Brown’s choreography, which was her first for a conventional proscenium space, teases our assumptions about the boundaries of that frame. Instead of holding firm, they appear to shift in an attempt to contain the action. The basic conventions of proscenium theater – such as putting the most important stuff dead center – are subverted at the same time. Brown often chooses to leave the middle blank while animating the edges with irresistible happenings. Predictably, the White Oak dancers fail to achieve the uncanny looseness and fluency of Brown’s own people in this material; they’re too tightly strung and possibly overrehearsed. But they work earnestly, with the enormous physical intelligence that seems to be the prime requirement for a place in Baryshnikov’s entourage.

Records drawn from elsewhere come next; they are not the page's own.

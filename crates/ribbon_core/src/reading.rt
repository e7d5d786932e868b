ghost use Rattle.std.specs.Prelude.{◌≡◌, ℕ, ◌+◌, ◌*◌, ◌/◌, ◌%◌, ◌^◌, ◌<◌, ◌≤◌, length, slice_index, if◌then◌else◌, ◌==◌, bit_and, bit_xor};
ghost use Rattle.std.specs.Int.{bit_at};
ghost use Rattle.equation_core.specs.declared.hash.TheConstants.{MAX_PLANES};
ghost use Rattle.ribbon_core.specs.Equations.{parity};
ghost use Rattle.ribbon_core.specs.PlaneWords.{kept_plane, kept_word, place as place_of};

use crate::places::place;
use octets_core::Steps;
use std::simd::prelude::*;
use std::simd::u64x16;
use std::sync::ledger::Ledger;

// Of each plane, in a bit, the sum of the columns from `start` on that the coefficient chooses. It takes 2 steps a
// plane where these begin a word, and else 3.
pub fn sums_of<L: Ledger>(
    words: &[u64],
    planes: u8,
    start: usize,
    coeff: u128,
    steps: &mut Steps<L>,
) -> u16
    requires planes { planes ≤ MAX_PLANES }
    requires room { (start + 127) / 64 * planes + MAX_PLANES ≤ length words.now }
    ensures sums { (width plane : ℕ) → start + 127 < 64 * width → plane < planes
        → bit_at result plane ≡ parity (bit_and coeff (kept_plane words.now planes width plane / 2 ^ start)) }
    ensures few_planes { result < 2 ^ planes }
    ensures steps { steps.new ≡ steps.old + planes * (if start % 64 == 0 then 2 else 3) }
{
    let lanes = chosen_lanes(words, planes, start, coeff, steps).to_array();
    let mut sums = 0u16;
    for plane in 0..planes {
        let sum = (lanes[plane as usize].count_ones() & 1) as u16;
        sums |= sum << plane;
    }
    sums
}

// In the lane of each plane, a word whose set bits are as many, modulo 2, as those of the columns that are chosen.
fn chosen_lanes<L: Ledger>(
    words: &[u64],
    planes: u8,
    start: usize,
    coeff: u128,
    steps: &mut Steps<L>,
) -> u64x16
    requires room { (start + 127) / 64 * planes + MAX_PLANES ≤ length words.now }
    ensures lanes { length result ≡ MAX_PLANES }
    ensures sums { (width plane : ℕ) → start + 127 < 64 * width → plane < planes → plane < MAX_PLANES
        → parity (slice_index result plane) ≡ parity (bit_and coeff (kept_plane words.now planes width plane / 2 ^ start)) }
    ensures steps { steps.new ≡ steps.old + planes * (if start % 64 == 0 then 2 else 3) }
{
    let first = start / 64;
    let shift = (start % 64) as u32;
    let masks = coeff << shift;
    let low = run_of(
        words,
        planes,
        first,
        (masks & 0xffff_ffff_ffff_ffff) as u64,
        steps,
    );
    let middle = run_of(words, planes, first + 1, (masks >> 64) as u64, steps);
    let pair = xor_lanes(low, middle);
    if shift == 0 {
        return pair;
    }
    let high = run_of(
        words,
        planes,
        first + 2,
        (coeff >> (128 - shift)) as u64,
        steps,
    );
    xor_lanes(pair, high)
}

// Word `i` of each plane in a lane, with only the bits of the mask. The lanes above the planes hold words of the next
// runs. It takes a step a plane.
fn run_of<L: Ledger>(words: &[u64], planes: u8, i: usize, mask: u64, steps: &mut Steps<L>) -> u64x16
    requires room { i * planes + MAX_PLANES ≤ length words.now }
    ensures lanes { length result ≡ MAX_PLANES }
    ensures each { (plane : ℕ) → plane < MAX_PLANES → slice_index result plane ≡ bit_and (kept_word words.now planes plane i) mask }
    ensures steps { steps.new ≡ steps.old + planes }
{
    for _ in 0..planes {
        steps.tick();
    }
    let from = place(planes, 0, i);
    u64x16::from_slice(&words[from..]) & u64x16::splat(mask)
}

fn xor_lanes(a: u64x16, b: u64x16) -> u64x16
    requires a { length a ≡ MAX_PLANES }
    requires b { length b ≡ MAX_PLANES }
    ensures lanes { length result ≡ MAX_PLANES }
    ensures each { (k : ℕ) → k < MAX_PLANES → slice_index result k ≡ bit_xor (slice_index a k) (slice_index b k) }
{
    a ^ b
}

// Word `i` of a plane. It takes a step.
pub fn word_of<L: Ledger>(
    words: &[u64],
    planes: u8,
    plane: u8,
    i: usize,
    steps: &mut Steps<L>,
) -> u64
    requires inside { place_of planes plane i < length words.now }
    ensures value { (width : ℕ) → i < width → result ≡ kept_plane words.now planes width plane / 2 ^ (64 * i) % 2 ^ 64 }
    ensures steps { steps.new ≡ steps.old + 1 }
{
    steps.tick();
    words[place(planes, plane, i)]
}
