ghost use Rattle.std.specs.Prelude.{◌≡◌, ◌≢◌, ℕ, ◌-◌, ◌/◌, ◌%◌, ◌^◌, ◌<◌, ◌≤◌, ◌↔◌, length, OnOk, OnErr, bit_and};
ghost use Rattle.std.specs.Int.{bit_at};
ghost use Rattle.ribbon_core.specs.Equations.{parity};
ghost use Rattle.ribbon_core.specs.Bands.{SolvesBands, AreBanded};

/// In some plane the kept equations and the new one have no common solution.
#[derive(Clone, Copy, Debug, PartialEq, Eq)]
pub struct Inconsistent;

// Reduces an equation by the kept ones whose lowest columns it meets, and keeps what is left at its lowest column. It
// may meet more than 128 of them, since each may reach further than what it reduces.
pub fn reduce(
    coeffs: &mut [u128],
    targets: &mut [u16],
    planes: u8,
    start: usize,
    mut coeff: u128,
    mut target: u16,
) -> Result<(), Inconsistent>
    requires bands { AreBanded coeffs.old targets.old planes }
    requires odd { coeff % 2 ≡ 1 }
    requires start { start ≤ length coeffs.old }
    requires within { coeff < 2 ^ (length coeffs.old - start) }
    requires few_planes { target < 2 ^ planes }
    ensures bands { AreBanded coeffs.new targets.new planes }
    ensures ok { OnOk result ((plane Z : ℕ) → SolvesBands plane coeffs.new targets.new Z
        ↔ (SolvesBands plane coeffs.old targets.old Z × (parity (bit_and coeff (Z / 2 ^ start)) ≡ bit_at target plane))) }
    ensures err { OnErr result ((plane : ℕ) × (plane < planes)
        × ((Z : ℕ) → SolvesBands plane coeffs.old targets.old Z
        → parity (bit_and coeff (Z / 2 ^ start)) ≡ bit_at target plane → ⊥)) }
    ensures coeffs_kept { OnErr result (coeffs.new ≡ coeffs.old) }
    ensures targets_kept { OnErr result (targets.new ≡ targets.old) }
{
    let mut at = start;
    loop {
        let pivot = coeffs[at];
        if pivot == 0 {
            coeffs[at] = coeff;
            targets[at] = target;
            return Ok(());
        }
        coeff ^= pivot;
        target ^= targets[at];
        if coeff == 0 {
            return if target == 0 {
                Ok(())
            } else {
                Err(Inconsistent)
            };
        }
        let (odd, skipped) = at_lowest(coeff);
        coeff = odd;
        at += skipped as usize;
    }
}

// The coefficient from its lowest one on, and how many zeros stand below that. It is mostly among the low 64 bits,
// which are looked at first.
fn at_lowest(coeff: u128) -> (u128, u32)
    requires { coeff ≢ 0 }
    ensures from_there { result.0 ≡ coeff / 2 ^ result.1 }
    ensures zeros { coeff % 2 ^ result.1 ≡ 0 }
    ensures odd { result.0 % 2 ≡ 1 }
{
    let low = (coeff & 0xffff_ffff_ffff_ffff) as u64;
    if low != 0 {
        let zeros = low.trailing_zeros();
        return (coeff >> zeros, zeros);
    }
    let zeros = coeff.trailing_zeros();
    (coeff >> zeros, zeros)
}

Earlier, more didactic Brown was represented by Homemade, a solo performed by Baryshnikov with a cumbersome film projector strapped to his back. From the machine, views of him doing this very dance are intermittently focused on the dark backcloth of the otherwise empty stage. The little piece poses a fairly trite question, which it mischievously leaves unresolved: Which image is more compelling – the photographed or the in-the-flesh? Resurrecting the piece might have been a dry exercise in historicism, but Baryshnikov, whose performing gifts have always extended to mime, floods it with life by projecting a series of contrasting moods as he goes about his two-part task of subjecting himself to our scrutiny.

True to White Oak’s commitment to encourage present-day postmodern choreographers, the program included a new John Jasperse dance, See Through Knot, for the two men of the group and three of its women. Workmanlike and utterly forgettable, the piece serves up the choreographer’s typical nuzzlings, slitherings, and cantileverings and his perennial subtext of homosexual sex and incipient violence that, here, is held circumspectly in check. Jasperse seems more genuine in his most recent work for his own company, where he is entirely self-indulgent.

Peccadillos, a solo for Baryshnikov by Mark Morris, who provided a good part of White Oak’s early repertory, proved once again the richness of Morris’s invention and the felicity of the Mark-and-Misha collaboration. The dance opens with a joke about the fad for ballets with onstage piano accompaniment, the pianist Ethan Iverson, dour in dress and expression, seating himself at a toy instrument to play three delectable pieces by Satie. In a series of sprightly variations, Baryshnikov sometimes appears to be a toy himself, perhaps one animated by a windup mechanism. Alternately he is a child, alone with his playthings in a paradise of the imagination where he is lord and master. Balanchine’s L’Enfant et les Sortilèges and The Steadfast Tin Soldier both come to mind as Peccadillos spreads its aura of precious enchantment, all the while revealing the terrible fragility of innocence. Despite the pitfalls of its subject matter, the piece is neither coy or cloying but rather filled with wit, wonder, and exuberant spirit. In its penultimate segment, it becomes near-tragic. Baryshnikov moves with sudden frantic desperation, straight at the pianist, as if he were asking, Is childhood over? Is the dream shattered, the toys broken, the music stopped? Because of its brevity and simplicity and the lightness of its touch, Peccadillos might, I suppose, be labeled a miniature. But I think applying this term would be recklessly misleading.